La condamnation fiscale, en revanche, est subordonnée à la seule existence d'un fait contraventionnel, sans qu'il y ait à tenir compte de l'intention.
Il en résulte que si la personne mise en examen est déclarée « non coupable » en matière pénale, l'Administration peut cependant exercer l'action fiscale devant la juridiction compétente.
C'est ainsi, par exemple, qu'en matière de vins mouillés, l'ordonnance de non-lieu basée sur le fait que le prévenu ne serait pas l'auteur du mouillage ou l'aurait ignoré ne saurait faire obstacle aux poursuites de l'Administration, l'action de celle-ci étant fondée sur l'existence matérielle de l'infraction, laquelle ne peut être excusée que par un fait de force majeure (Cass, crim., 23 décembre 1942, BC186, p. 146 et les arrêts cités) 7 .

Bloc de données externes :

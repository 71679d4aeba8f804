use crate::Exchange;
use bytes::BytesMut;
use instr_plain::RemoteAct;
use std::alloc::Global;
use std::process::Abort;
use std::test::Fail;
use tmc_base::Memory;
use tmc_law::LogEntry;

/// What comes to an exchange, or is looked for there.
#[derive(Clone, Copy)]
enum Move<'a> {
    /// A part of a message comes from the submit of this number, with EOM or without.
    Part(u32, &'a [u8], bool),
    /// A part begins that comes by and by.
    Begin,
    /// More of it comes.
    More(&'a [u8]),
    /// It ends with the submit of this number: so many of its bytes are data.
    End(u32, usize, bool),
    /// The message that waits is executed.
    Run,
    /// So many bytes of the response are given, and whether they end it.
    Give(usize, bool),
    /// What came of a message is dropped.
    Halt,
    Clear,
    Bare,
    Trigger(u32),
    /// The status byte is polled, and is this.
    Poll(u32, u8),
    Remote(RemoteAct),
    /// The status byte is this.
    Status(u8),
    /// A message waits, or none does, and that is what has come of the next one.
    Holds(bool, &'a [u8]),
    /// That is unread.
    Unread(&'a [u8]),
}

/// A part of a message comes, where one may.
fn accept(
    rt: &impl Abort,
    exchange: &mut Exchange,
    seq: u32,
    part: &[u8],
    eom: bool,
) -> Result<(), Fail> {
    assert!(rt; !exchange.waits());
    assert!(rt; !part.is_empty());
    assert!(rt; part.len() <= 4_096);
    assert!(rt; exchange.part().len() + part.len() <= 4_096);
    exchange.reserve()?;
    exchange.accept_part(seq, part, eom);
    Ok(())
}

/// More of a part comes, where it may.
fn extend(rt: &impl Abort, exchange: &mut Exchange, bytes: &[u8]) {
    assert!(rt; !exchange.waits());
    assert!(rt; exchange.part().len() <= 4_096);
    assert!(rt; exchange.coming().len() <= 4_096);
    assert!(rt; bytes.len() <= 4_096);
    assert!(rt; exchange.part().len() + exchange.coming().len() + bytes.len() <= 4_099);
    exchange.extend_part(bytes);
}

/// A part that came by and by ends, where it may.
fn end(
    rt: &impl Abort,
    exchange: &mut Exchange,
    seq: u32,
    size: usize,
    eom: bool,
) -> Result<(), Fail> {
    assert!(rt; !exchange.waits());
    assert!(rt; size > 0);
    assert!(rt; size <= exchange.coming().len());
    assert!(rt; exchange.part().len() <= 4_096);
    assert!(rt; size <= 4_096);
    assert!(rt; exchange.part().len() + size <= 4_096);
    exchange.reserve()?;
    exchange.end_part(seq, size, eom);
    Ok(())
}

/// The next bytes of the response, and whether they end it.
fn give(
    rt: &impl Abort,
    exchange: &mut Exchange,
    n: usize,
    out: &mut BytesMut,
) -> Result<bool, Fail> {
    assert!(rt; n > 0);
    assert!(rt; n <= exchange.unread().len());
    out.reserve(n)?;
    exchange.reserve()?;
    Ok(exchange.give(n, out))
}

/// What is logged by itself: a clear, a bare request, a trigger, a poll, who may operate the instrument.
fn log(rt: &impl Abort, exchange: &mut Exchange, does: Move) -> Result<(), Fail> {
    exchange.reserve()?;
    match does {
        Move::Clear => exchange.clear(),
        Move::Bare => exchange.bare(),
        Move::Trigger(seq) => exchange.trigger(seq),
        Move::Poll(seq, byte) => assert_eq!(rt; exchange.poll(seq), byte),
        Move::Remote(act) => exchange.remote(act),
        _ => assert!(rt; false, "no such entry"),
    }
    Ok(())
}

/// One move; `given` grows by what is given.
fn step(
    rt: &impl Abort,
    exchange: &mut Exchange,
    given: &mut BytesMut,
    does: Move,
) -> Result<(), Fail> {
    match does {
        Move::Part(seq, part, eom) => accept(rt, exchange, seq, part, eom)?,
        Move::Begin => exchange.begin_part(),
        Move::More(bytes) => extend(rt, exchange, bytes),
        Move::End(seq, size, eom) => end(rt, exchange, seq, size, eom)?,
        Move::Run => {
            assert!(rt; exchange.waits());
            exchange.run()?;
        }
        Move::Give(n, ends) => assert_eq!(rt; give(rt, exchange, n, given)?, ends),
        Move::Halt => exchange.drop_part(),
        Move::Status(byte) => assert_eq!(rt; exchange.status(), byte),
        Move::Holds(waits, coming) => {
            assert_eq!(rt; exchange.waits(), waits);
            assert_eq!(rt; exchange.part(), coming);
        }
        Move::Unread(unread) => assert_eq!(rt; exchange.unread(), unread),
        _ => log(rt, exchange, does)?,
    }
    Ok(())
}

/// The log, an entry a line.
fn text_of(alloc: Global, entries: &[LogEntry]) -> Result<String, Memory> {
    let mut text = String::new(alloc);
    for entry in entries {
        let line = match entry {
            LogEntry::Exec { seq, message } => {
                let message = str::from_utf8(message.as_slice()).unwrap_or("?");
                format!(in alloc; "exec {seq} {message}\n")?
            }
            LogEntry::Took { n } => format!(in alloc; "took {n}\n")?,
            LogEntry::Interrupt => format!(in alloc; "interrupt\n")?,
            LogEntry::Bare => format!(in alloc; "bare\n")?,
            LogEntry::Trigger { seq } => format!(in alloc; "trigger {seq}\n")?,
            LogEntry::Poll { seq } => format!(in alloc; "poll {seq}\n")?,
            LogEntry::Clear => format!(in alloc; "clear\n")?,
            LogEntry::Remote { act } => format!(in alloc; "remote {act:?}\n")?,
        };
        text.push_str(line.as_str())?;
    }
    Ok(text)
}

/// What was given behind these moves from power-on, a line, and then the log.
fn told(alloc: Global, rt: &impl Abort, moves: &[Move]) -> Result<String, Fail> {
    let mut exchange = Exchange::new(alloc)?;
    let mut given = BytesMut::new(alloc);
    for does in moves {
        step(rt, &mut exchange, &mut given, *does)?;
    }
    let mut text = String::new(alloc);
    text.push_str(str::from_utf8(given.as_slice()).unwrap_or("?"))?;
    text.push_str(text_of(alloc, exchange.log().entries())?.as_str())?;
    Ok(text)
}

#[test]
fn a_query_is_executed_and_read_in_two_pieces(rt: HostRuntime) -> Result<(), Fail> {
    let text = told(
        rt.alloc(),
        &rt,
        &[
            Move::Part(7, b"*IDN?", true),
            Move::Run,
            Move::Holds(false, b""),
            Move::Give(8, false),
            Move::Unread(b"TMC1,0,1.0\n"),
            Move::Give(11, true),
            Move::Unread(b""),
        ],
    )?;
    assert_eq!(rt;
        text.as_str(),
        "EXAMPLE,TMC1,0,1.0\nexec 7 *IDN?\ntook 8\ntook 11\n"
    );
    Ok(())
}

#[test]
fn a_message_comes_in_parts(rt: HostRuntime) -> Result<(), Fail> {
    let whole = told(
        rt.alloc(),
        &rt,
        &[
            Move::Part(1, b"CONF 4;", false),
            Move::Holds(false, b"CONF 4;"),
            Move::Part(2, b"CONF?", true),
            Move::Holds(true, b""),
            Move::Run,
            Move::Unread(b"4\n"),
        ],
    )?;
    assert_eq!(rt; whole.as_str(), "exec 2 CONF 4;CONF?\n");
    let by_and_by = told(
        rt.alloc(),
        &rt,
        &[
            Move::Part(1, b"CONF 4;", false),
            Move::More(b"of another"),
            Move::Begin,
            Move::More(b"CONF"),
            Move::Holds(false, b"CONF 4;"),
            Move::More(b"?\0\0\0"),
            Move::End(2, 5, true),
            Move::Holds(true, b""),
            Move::Run,
            Move::Unread(b"4\n"),
        ],
    )?;
    assert_eq!(rt; by_and_by, whole);
    Ok(())
}

#[test]
fn a_message_interrupts_an_unread_response_once(rt: HostRuntime) -> Result<(), Fail> {
    let text = told(
        rt.alloc(),
        &rt,
        &[
            Move::Part(1, b"*IDN?", true),
            Move::Run,
            Move::Part(2, b"*ESR", false),
            Move::Unread(b""),
            Move::Part(3, b"?", true),
            Move::Run,
            // PON and QYE
            Move::Unread(b"132\n"),
        ],
    )?;
    assert_eq!(rt; text.as_str(), "exec 1 *IDN?\ninterrupt\nexec 3 *ESR?\n");
    Ok(())
}

#[test]
fn the_longest_message_is_kept(rt: HostRuntime) -> Result<(), Fail> {
    let text = told(
        rt.alloc(),
        &rt,
        &[
            Move::Part(1, &[b' '; 4_090], false),
            Move::Part(2, b"*TST?\n", true),
            Move::Run,
            Move::Unread(b"0\n"),
        ],
    )?;
    assert_eq!(rt; text.len(), "exec 2 \n".len() + 4_096);
    Ok(())
}

#[test]
fn a_halt_drops_the_part_and_not_what_waits(rt: HostRuntime) -> Result<(), Fail> {
    let text = told(
        rt.alloc(),
        &rt,
        &[
            Move::Part(1, b"CONF 4;", false),
            Move::Halt,
            Move::Holds(false, b""),
            Move::Part(2, b"CONF?", true),
            Move::Halt,
            Move::Run,
            Move::Unread(b"0\n"),
        ],
    )?;
    assert_eq!(rt; text.as_str(), "exec 2 CONF?\n");
    Ok(())
}

#[test]
fn a_clear_drops_all_and_keeps_the_registers(rt: HostRuntime) -> Result<(), Fail> {
    let text = told(
        rt.alloc(),
        &rt,
        &[
            Move::Part(1, b"*ESE 32;*IDN?", true),
            Move::Run,
            Move::Clear,
            Move::Unread(b""),
            Move::Part(2, b"*IDN?", true),
            Move::Clear,
            Move::Holds(false, b""),
            Move::Part(3, b"*ESE?", true),
            Move::Run,
            Move::Unread(b"32\n"),
        ],
    )?;
    assert_eq!(rt;
        text.as_str(),
        "exec 1 *ESE 32;*IDN?\nclear\nclear\nexec 3 *ESE?\n"
    );
    Ok(())
}

#[test]
fn what_is_not_a_message_is_logged(rt: HostRuntime) -> Result<(), Fail> {
    let text = told(
        rt.alloc(),
        &rt,
        &[
            Move::Part(1, b"*SRE 32;*ESE 4", true),
            Move::Run,
            Move::Bare,
            // QYE is enabled: ESB and RQS
            Move::Status(0x60),
            Move::Poll(5, 0x60),
            Move::Status(0x20),
            Move::Trigger(6),
            Move::Remote(RemoteAct::On),
        ],
    )?;
    assert_eq!(rt;
        text.as_str(),
        "exec 1 *SRE 32;*ESE 4\nbare\npoll 5\ntrigger 6\nremote On\n"
    );
    Ok(())
}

29Par ailleurs, les faits délictueux peuvent constituer deux infractions, l'autorité de la chose jugée ne s'appliquant le cas échéant qu'à une seule contravention.
De même, le transport frauduleux de tabacs du monopole constituant un fait distinct du vol de ces mêmes tabacs, l'ordonnance de non-lieu dont ce délit a fait l'objet ne saurait être opposée à l'Administration poursuivant la répression de l'infraction fiscale (Cass. crim., 16 mars 1950, RJCI 14, p. 37, Bull. crim. 97, p. 154).
1 Celles prévues par la loi du 1er août 1905 (art. 1er).
2 Celles prévues par les articles 1791 et suivants du CGI.
3 En vertu de l'article L.235 du Livre de procédure fiscales.
4 Jurisprudence constance : cf. Crim., rejet, 11 février 1975, RJ, n° 1, p. 47 et les arrêts cités ; Bull. Crim., 44, p. 120 ; 28 juillet 1975, rejet, n° 1, p. 138 ; 15 octobre 1979, rejet, RJ, n° 1, p. 146.
5 En l'espèce, le jugement en question avait décidé que le transport irrégulier de blé ne constituait pas à lui seul les infractions de droit commun poursuivies par le Parquet.
6 Art. L. 235 du Livre de procédure fiscales.
7 Rapp. Avec Cass. Crim., 23 juin 1977, RJ, p. 103, Bull. Crim. 239, p. 601.